I lead the team that has two main responsibilities: bringing in data from our members, and technical integration with our partners — customers and health systems.

Like all things startup we created a lot of our processes from scratch. I thought a lot about the patterns in the ways that we were interacting with health systems — every health system has nuances and complexities that you don’t find elsewhere. We went back to the drawing board and mapped out, what do we want to get out of our partnerships, what are our goals, and how do we go about achieving those goals. There is a way that they consistently communicated what they needed and so those patterns sort of evolved into our approach. Once we had that piece in place, we needed to be consistent with them going forward: how do we ask for data, how do we communicate their royalties, how do we support them, how do we talk about what we need from them.

What is the most rewarding part of your role? What does Truveta’s vision mean to you?
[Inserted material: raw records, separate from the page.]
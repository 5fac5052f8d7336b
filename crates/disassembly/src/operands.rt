//! The operand field of a statement.

ghost use Rattle.std.specs.Prelude.{◌≡◌, ◌<◌, ◌/◌, ◌%◌, [], ◌∷◌, ◌++◌, option_to_list, OnOk};
ghost use Rattle.bcd.specs.declared.Zone.TheVariants.{Bare};
ghost use Rattle.addresses.specs.Digits.{digit_under};
ghost use Rattle.autocoder_statements.specs.{Laws.{digits_of}, Mnemonics.{code_of}};
ghost use Rattle.disassembly.specs.Texts.{address_text, base_text, index_text, next_address, next_last, number_text, operand_text};

use crate::names::{name_at, push_name};
use crate::statements::Statement;
use addresses::{IndexLocation, Tagged, digit_under};
use autocoder_layout::Slot;
use autocoder_statements::{Name, code_of};
use bcd::{Code, Zone};
use std::alloc::AllocError;

/// The digit of a number at the place of this unit.
pub(crate) fn digit(number: u16, unit: u16) -> Code
    requires { 0 < unit }
    ensures { result ≡ digit_under Bare (number / unit % 10) }
{
    digit_under(Zone::Bare, (number / unit % 10) as u8)
}

/// Adds the last three digits of a number.
#[tactic(auto, unfolding(autocoder_statements::specs::Laws::digits_of))]
fn push_three(text: &mut Vec<Code>, number: u16) -> Result<(), AllocError>
    ensures { OnOk result (text.new.items ≡ text.old.items ++ digits_of 3 number) }
{
    text.push(digit(number, 100))?;
    text.push(digit(number, 10))?;
    text.push(digit(number, 1))?;
    Ok(())
}

/// Adds the last four digits of a number.
#[tactic(auto, unfolding(autocoder_statements::specs::Laws::digits_of))]
fn push_four(text: &mut Vec<Code>, number: u16) -> Result<(), AllocError>
    ensures { OnOk result (text.new.items ≡ text.old.items ++ digits_of 4 number) }
{
    text.push(digit(number, 1000))?;
    push_three(text, number)
}

/// Adds the five digits of a number.
#[tactic(auto, unfolding(autocoder_statements::specs::Laws::digits_of))]
fn push_five(text: &mut Vec<Code>, number: u16) -> Result<(), AllocError>
    ensures { OnOk result (text.new.items ≡ text.old.items ++ digits_of 5 number) }
{
    text.push(digit(number, 10_000))?;
    push_four(text, number)
}

/// Adds a number in at least three digits.
pub(crate) fn push_number(text: &mut Vec<Code>, number: u16) -> Result<(), AllocError>
    ensures { OnOk result (text.new.items ≡ text.old.items ++ number_text number) }
{
    if number < 1000 {
        push_three(text, number)
    } else if number < 10_000 {
        push_four(text, number)
    } else {
        push_five(text, number)
    }
}

/// Adds an address by its name, or by its number if it has none.
fn push_base(text: &mut Vec<Code>, number: u16, name: Option<Name>) -> Result<(), AllocError>
    ensures { OnOk result (text.new.items ≡ text.old.items ++ base_text number name) }
{
    match name {
        None => push_number(text, number),
        Some(name) => push_name(text, &name),
    }
}

/// Adds `&`, `X` and a digit, with which an index location is named.
fn push_index(text: &mut Vec<Code>, digit: u8) -> Result<(), AllocError>
    ensures { OnOk result (text.new.items ≡ text.old.items ++ index_text (digit ∷ [])) }
{
    text.push(code_of(b'&'))?;
    text.push(code_of(b'X'))?;
    text.push(code_of(digit))?;
    Ok(())
}

/// Adds an address that names an index location.
fn push_indexed(text: &mut Vec<Code>, number: u16, digit: u8) -> Result<(), AllocError>
    ensures { OnOk result (text.new.items
        ≡ text.old.items ++ (number_text number ++ index_text (digit ∷ []))) }
{
    push_number(text, number)?;
    push_index(text, digit)
}

/// Adds an address, by a name of these cards that is just there if it has no index location.
#[tactic(auto, unfolding(crate::specs::Texts::address_text))]
pub(crate) fn push_address(
    text: &mut Vec<Code>,
    slots: &[Slot],
    address: &Tagged,
) -> Result<(), AllocError>
    ensures { OnOk result (text.new.items ≡ text.old.items ++ address_text slots.now address.now) }
{
    let number = address.base;
    match address.index {
        None => push_base(text, number, name_at(slots, number)),
        Some(IndexLocation::First) => push_indexed(text, number, b'1'),
        Some(IndexLocation::Second) => push_indexed(text, number, b'2'),
        Some(IndexLocation::Third) => push_indexed(text, number, b'3'),
    }
}

/// Adds a second address behind a comma, if there is one.
fn push_next_address(
    text: &mut Vec<Code>,
    slots: &[Slot],
    address: &Option<Tagged>,
) -> Result<(), AllocError>
    ensures { OnOk result (text.new.items ≡ text.old.items ++ next_address slots.now address.now) }
{
    let Some(address) = address else {
        return Ok(());
    };
    text.push(code_of(b','))?;
    push_address(text, slots, address)
}

/// Adds a last character that stands alone, if there is one.
fn push_last(text: &mut Vec<Code>, last: Option<Code>) -> Result<(), AllocError>
    ensures { OnOk result (text.new.items ≡ text.old.items ++ option_to_list last) }
{
    let Some(code) = last else {
        return Ok(());
    };
    text.push(code)?;
    Ok(())
}

/// Adds a last character behind a comma, if there is one.
pub(crate) fn push_next_last(text: &mut Vec<Code>, last: Option<Code>) -> Result<(), AllocError>
    ensures { OnOk result (text.new.items ≡ text.old.items ++ next_last last) }
{
    let Some(code) = last else {
        return Ok(());
    };
    text.push(code_of(b','))?;
    text.push(code)?;
    Ok(())
}

/// Adds the characters of a statement's operand field: its addresses and its last character, with
/// commas between them. An address without an index location that is just that of a name of these
/// cards is written by the first such name. Fails only if there is no memory.
#[tactic(auto, unfolding(crate::specs::Texts::operand_text))]
pub fn push_operands(
    text: &mut Vec<Code>,
    slots: &[Slot],
    statement: &Statement,
) -> Result<(), AllocError>
    ensures { OnOk result (text.new.items
        ≡ text.old.items ++ operand_text slots.now statement.now) }
{
    let Some(first) = &statement.first else {
        return push_last(text, statement.last);
    };
    push_address(text, slots, first)?;
    push_next_address(text, slots, &statement.second)?;
    push_next_last(text, statement.last)
}
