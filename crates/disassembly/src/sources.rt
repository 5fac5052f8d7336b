//! A source made of a storage.

ghost use Rattle.std.specs.Prelude.{◌≡◌, ◌↔◌, IfOk, IsTrue};
ghost use Rattle.disassembly.specs.Sources.{EndsWith, IsWhole};

use crate::comparing::is_code;
use crate::flows::reached;
use crate::labels::Labels;
use crate::pieces::{Kind, Piece, pieces_of};
use crate::writing::Writer;
use autocoder::{Faults, Program, assemble};
use autocoder_layout::Slot;
use cards::{Card, Deck, DeckFault};
use core_store::Core;
use std::alloc::{AllocError, Global};

/// How a source is made of a storage.
#[derive(Clone, Copy)]
pub struct CodeOptions<'a> {
    /// The position at which the program starts.
    pub start: u16,
    /// Positions at which instructions are known to begin, besides those that control can come to.
    /// One below 081 gets a comment, since no card can place it.
    pub begun: &'a [u16],
    /// What the cards of a source define whose names are taken.
    pub names: &'a [Slot],
    /// Whether a position that has no such name is said by its number, and not by a label.
    pub numbers: bool,
}

/// A source made of a storage.
#[derive(Drop)]
pub struct Code {
    /// The cards of the source, and behind them the data cards.
    pub deck: Deck,
    /// Whether the source is the storage's, as the assembler says.
    pub is_whole: bool,
    /// The positions of at signs that no card can place.
    pub left_out: Vec<u16>,
}

/// The positions of at signs among pieces.
fn left_out(alloc: Global, pieces: &[Piece]) -> Result<Vec<u16>, AllocError> {
    let mut positions = Vec::new(alloc);
    for piece in pieces {
        if piece.kind == Kind::AtSign {
            positions.push(piece.first)?;
        }
    }
    Ok(positions)
}

/// Whether a program starts at a position, and its source has this number of cards.
fn is_begun(program: &Program, start: u16, cards: usize) -> bool
    ensures { IsTrue result ↔ (program.now.start ≡ start) × (program.now.last ≡ cards) }
{
    program.start() == u32::from(start) && program.last() as usize == cards
}

/// Whether a deck that ends with data cards is a source that is the storage's and starts at this
/// position, and has no other cards behind it.
fn is_whole<C: Core>(
    alloc: Global,
    core: &C,
    start: u16,
    data_cards: &[Card],
    deck: &Deck,
) -> Result<bool, AllocError>
    requires { EndsWith data_cards.now deck.now }
    ensures { IfOk result (λ is_whole. IsTrue is_whole ↔
        IsWhole (C.cells core.now) start data_cards.now deck.now) }
{
    let cards = deck.cards().len().saturating_sub(data_cards.len());
    match assemble(alloc, deck) {
        Ok(program) => {
            let is_code = is_code(alloc, core, &program)?;
            Ok(is_code && is_begun(&program, start, cards))
        }
        Err(Faults::Source(_)) => Ok(false),
        Err(Faults::NoMemory) => Err(AllocError),
    }
}

/// The cards of a source that is made of these pieces of a storage, and behind them data cards.
fn written<C: Core>(
    alloc: Global,
    core: &C,
    pieces: &[Piece],
    data_cards: &[Card],
    options: CodeOptions<'_>,
) -> Result<Deck, DeckFault>
    ensures { IfOk result (EndsWith data_cards.now) }
{
    let mut labels = Labels::of(alloc, core, pieces, options.names, options.numbers)?;
    if labels.is_begun(options.start) {
        labels.use_position(options.start);
    }
    let writer = Writer {
        alloc,
        core,
        labels: &labels,
    };
    let mut deck = writer.source(pieces, options)?;
    deck.push_all(data_cards)?;
    Ok(deck)
}

/// Makes a source of the characters and word marks of a storage, from 081 on, and puts the data
/// cards behind it. What control can come to from the start, by the addresses as they stand, are
/// instructions; all else are constants.
///
/// How the source is found has no contract. The assembler assembles what was made. The deck is whole
/// exactly if the image of its source has the character and the mark of each position from 081 on,
/// the source starts where it is to, and behind its END are the data cards and no other card.
/// Fails if there is no memory, or over 2,000 cards.
pub fn code_of<C: Core>(
    alloc: Global,
    core: &C,
    data_cards: &[Card],
    options: CodeOptions<'_>,
) -> Result<Code, DeckFault>
    ensures whole { IfOk result (λ code. IsTrue code.is_whole ↔
        IsWhole (C.cells core.now) options.entry.start data_cards.now code.deck) }
    ensures ends { IfOk result (λ code. EndsWith data_cards.now code.deck) }
{
    let found = reached(alloc, core, options.start, options.begun)?;
    let pieces = pieces_of(alloc, core, &found)?;
    let deck = written(alloc, core, &pieces, data_cards, options)?;
    let is_whole = is_whole(alloc, core, options.start, data_cards, &deck)?;
    let left_out = left_out(alloc, &pieces)?;
    Ok(Code {
        deck,
        is_whole,
        left_out,
    })
}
There’s the internal piece with my team, working with great people and having the opportunity to both lead and support them. I want to make sure they’re doing meaningful work that they enjoy. I get gratification from all of those things, and knowing the impact of their work on Truveta is real for what we do as a business. The other piece is being able to talk to health systems about the data we need. We now have millions of patients normalized in the platform for research. And it’s pretty incredible to see that play out. I had a conversation recently with one of our earliest members and we really talked about the impact of their data. They were so early that they really hadn’t had that context. We took an intentional pause to share, “Let’s talk about the big picture of the impact that you’re making,” and they were totally blown away. Teams are so heads down and focused on the tactical work and solving for all the technical issues that the “why” of what we are doing together often gets lost. Their data was in the COVID dashboard, and it translated into how manufacturers view their products being effective, or approved for broader use, so that was really cool, that was a good day.
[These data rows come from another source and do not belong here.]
/// Inserts cards after the `before` cards that the tables have already. A job makes at most 20,000.
fn insert_cards<S: Alter>(
    tables: &mut OpenTables<'_, '_, S>,
    name: JobName<'_>,
    before: u32,
    cards: &[Punched],
) -> Result<(), Fault>
    requires { before + length cards.now ≤ 20000 }
    ensures step { IsStep S.Store tables.old tables.new result }
    ensures added { (earlier : List Punched) → Changes S.Store tables.old tables.new result
        (HasCardRows name.entry before earlier)
        (with_all_cards name.entry (earlier ++ cards.now)) }
    ensures characters { OnOk result (All IsPunched cards.now) }
{
    for place in 0..cards.len() {
        let bytes = card_bytes(&cards[place].card);
        tables.insert_card(name, before + place as u32 + 1, &bytes)?;
    }
    Ok(())
}

/// Inserts the pocket of the card at a place, unless that is the normal one.
fn insert_pocket<S: Alter>(
    tables: &mut OpenTables<'_, '_, S>,
    name: JobName<'_>,
    place: u32,
    pocket: Pocket,
) -> Result<(), Fault>
    ensures step { IsStep S.Store tables.old tables.new result }
    ensures added { Changes S.Store tables.old tables.new result
        (HasNoPocket name.entry place) (with_card_pocket name.entry place pocket) }
{
    match pocket_cell(pocket) {
        Some(number) => tables.insert_pocket(name, place, number),
        None => Ok(()),
    }
}

/// Inserts the pockets of cards that come after the `before` cards of the tables. A job makes at
/// most 20,000.
fn insert_pockets<S: Alter>(
    tables: &mut OpenTables<'_, '_, S>,
    name: JobName<'_>,
    before: u32,
    cards: &[Punched],
) -> Result<(), Fault>
    requires { before + length cards.now ≤ 20000 }
    ensures step { IsStep S.Store tables.old tables.new result }
    ensures added { (earlier : List Punched) → Changes S.Store tables.old tables.new result
        (HasPocketRows name.entry before earlier)
        (with_all_pockets name.entry (earlier ++ cards.now)) }
{
    for place in 0..cards.len() {
        insert_pocket(tables, name, before + place as u32 + 1, cards[place].pocket)?;
    }
    Ok(())
}

/// Inserts cards, each with its pocket, after the `before` cards that the tables have already.
fn insert_punched<S: Alter>(
    tables: &mut OpenTables<'_, '_, S>,
    name: JobName<'_>,
    before: u32,
    cards: &[Punched],
) -> Result<(), Fault>
    requires { before + length cards.now ≤ 20000 }
    ensures step { IsStep S.Store tables.old tables.new result }
    ensures added { (earlier : List Punched) → Changes S.Store tables.old tables.new result
        (λ t. HasCardRows name.entry before earlier t × HasPocketRows name.entry before earlier t)
        (λ t. with_all_pockets name.entry (earlier ++ cards.now)
        (with_all_cards name.entry (earlier ++ cards.now) t)) }
    ensures characters { OnOk result (All IsPunched cards.now) }
{
    insert_cards(tables, name, before, cards)?;
    insert_pockets(tables, name, before, cards)
}

/// Inserts lines after the `before` lines that the tables have already. A job makes at most 20,000.
fn insert_lines<S: Alter>(
    tables: &mut OpenTables<'_, '_, S>,
    name: JobName<'_>,
    before: u32,
    lines: &[Line],
) -> Result<(), Fault>
    requires { before + length lines.now ≤ 20000 }
    ensures step { IsStep S.Store tables.old tables.new result }
    ensures added { (earlier : List Line) → Changes S.Store tables.old tables.new result
        (HasLineRows name.entry before earlier)
        (with_all_lines name.entry (earlier ++ lines.now)) }
    ensures characters { OnOk result (All IsLine lines.now) }
{
    for place in 0..lines.len() {
        let row = line_row(tables.alloc, &lines[place])?;
        tables.insert_line(name, before + place as u32 + 1, &row)?;
    }
    Ok(())
}

/// Inserts the cards and lines of a machine, which has made others before.
fn insert_made<S: Alter>(
    tables: &mut OpenTables<'_, '_, S>,
    name: JobName<'_>,
    units: &Units,
) -> Result<(), Fault>
    requires cards { (made_in_all units.now).cards ≤ 20000 }
    requires lines { (made_in_all units.now).lines ≤ 20000 }
    ensures step { IsStep S.Store tables.old tables.new result }
    ensures added { (cards : List Punched) (lines : List Line)
        → Changes S.Store tables.old tables.new result
        (HasEarlier name.entry cards lines units.now)
        (with_made name.entry cards lines units.now) }
    ensures cards { OnOk result (All IsPunched units.now.punch.cards) }
    ensures lines { OnOk result (All IsLine units.now.printer.lines) }
{
    let cards = units.punch.cards.as_slice();
    let lines = units.printer.lines.as_slice();
    insert_punched(tables, name, units.before.cards, cards)?;
    insert_lines(tables, name, units.before.lines, lines)
}

/// Replaces the state of a job's machine.
fn set_state<S: Alter>(
    tables: &mut OpenTables<'_, '_, S>,
    name: JobName<'_>,
    machine: &Parts<PlaneCore>,
) -> Result<(), Fault>
    requires { IsInRange machine.now }
    ensures step { IsStep S.Store tables.old tables.new result }
    ensures set { Changes S.Store tables.old tables.new result
        (HasState name.entry) (with_running name.entry machine.now) }
    ensures characters { HoldsCharacters machine.now.works.storage }
{
    // A law, for the proof: it does nothing.
    storage_holds_characters(&machine.core);
    tables.set_state(name, state_row(machine))
}
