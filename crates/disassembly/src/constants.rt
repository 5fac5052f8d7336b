//! The constants of a word.

use crate::pieces::{Kind, Piece};
use crate::positions::Positions;
use core_store::Core;
use std::alloc::AllocError;

/// The greatest number of characters of a constant.
const LONGEST_CONSTANT: u16 = 50;

/// A constant that is being laid: where it begins, and whether it has a word mark.
#[derive(Clone, Copy)]
struct Begun {
    first: u16,
    is_marked: bool,
}

impl Begun {
    /// The kind of the constant.
    fn kind(self) -> Kind {
        if self.is_marked {
            Kind::Marked
        } else {
            Kind::Unmarked
        }
    }

    /// Adds the constant up to a position, if it has characters.
    fn close(self, pieces: &mut Vec<Piece>, end: u16) -> Result<(), AllocError> {
        if self.first >= end {
            return Ok(());
        }
        pieces.push(Piece {
            kind: self.kind(),
            first: self.first,
            end,
        })?;
        Ok(())
    }

    /// Takes one character more, or what comes of it.
    fn take<C: Core>(
        self,
        core: &C,
        pieces: &mut Vec<Piece>,
        position: u16,
    ) -> Result<Begun, AllocError> {
        if position >= core.size() {
            return Ok(self);
        }
        let next = Begun {
            first: position.saturating_add(1),
            is_marked: false,
        };
        let glyph = core.get(position).glyph();
        if glyph == b'@' {
            self.close(pieces, position)?;
            pieces.push(Piece {
                kind: Kind::AtSign,
                first: position,
                end: position.saturating_add(1),
            })?;
            return Ok(next);
        }
        if glyph == b' ' && self.first == position && !self.is_marked {
            return Ok(next);
        }
        if position.saturating_sub(self.first) + 1 < LONGEST_CONSTANT {
            return Ok(self);
        }
        self.close(pieces, position.saturating_add(1))?;
        Ok(next)
    }
}

/// The position behind the last of these that is not blank, or the first.
fn filled_end<C: Core>(core: &C, first: u16, end: u16) -> u16 {
    for position in (first..end.min(core.size())).rev() {
        if core.get(position).glyph() != b' ' {
            return position + 1;
        }
    }
    first
}

/// The position behind the last of these that operands name, if they name one.
fn named_end(named: &Positions, first: u16, end: u16) -> Option<u16> {
    for position in (first..end).rev() {
        if named.has(position) {
            return Some(position.saturating_add(1));
        }
    }
    None
}

/// Where the constants of a word end: of the blanks at its end those behind the last position that
/// an operand names are not placed, nor many that none names.
fn kept_end<C: Core>(core: &C, named: &Positions, first: u16, end: u16, is_marked: bool) -> u16 {
    let filled = filled_end(core, first, end);
    if !is_marked {
        return filled;
    }
    let from = filled.saturating_sub(1).max(first);
    if let Some(last) = named_end(named, from, end) {
        if last.saturating_sub(filled) <= LONGEST_CONSTANT {
            return last;
        }
    }
    if end < core.size() && end.saturating_sub(filled) <= LONGEST_CONSTANT {
        return end;
    }
    filled.max(first.saturating_add(1))
}

/// Adds the constants of the positions from one to another.
pub(crate) fn push_constants<C: Core>(
    core: &C,
    pieces: &mut Vec<Piece>,
    named: &Positions,
    first: u16,
    end: u16,
    is_marked: bool,
) -> Result<(), AllocError> {
    let kept = kept_end(core, named, first, end, is_marked);
    let mut begun = Begun { first, is_marked };
    for position in first..kept {
        begun = begun.take(core, pieces, position)?;
    }
    begun.close(pieces, kept)
}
And the company’s vision is bold. We’re swinging for the fences here with something that’s brand new, that I believe will change the way that people live. I think the company’s evolution has made this all real for me and for a lot of our members, too.

How has the pandemic changed the way you work?

It’s shifted the paradigm for how work is accomplished, and I feel many jobs are more demanding now, by expecting workers to do more with less. Personally, I’ve had to learn to work more efficiently, especially with two young kids at home. The things that we took for granted with our workspaces — being able to swing by someone’s desk — now need to be figured out. There are quirky work cultures around how we interact remotely, and I think it’s changed the dynamic of how people work together. At the same time, I also appreciate the extra time not commuting, I think that’s tremendous.

An image of Jeremy, his wife, and kids.

Jeremy Gordon and his family.

What’s the best career advice you’ve ever received, or could give?

I’ve had a number of great mentors and they have all emphasized that people make things happen. We all have goals in our jobs and most of those depend on other people. The importance of those relationships is what enables trust and what builds successful teams. Taking that for granted is very risky and I think we have a choice in how we foster and influence those interactions. I enjoy that aspect of my job, being able to talk to a lot of different people and have a lot of different kinds of relationships at different levels.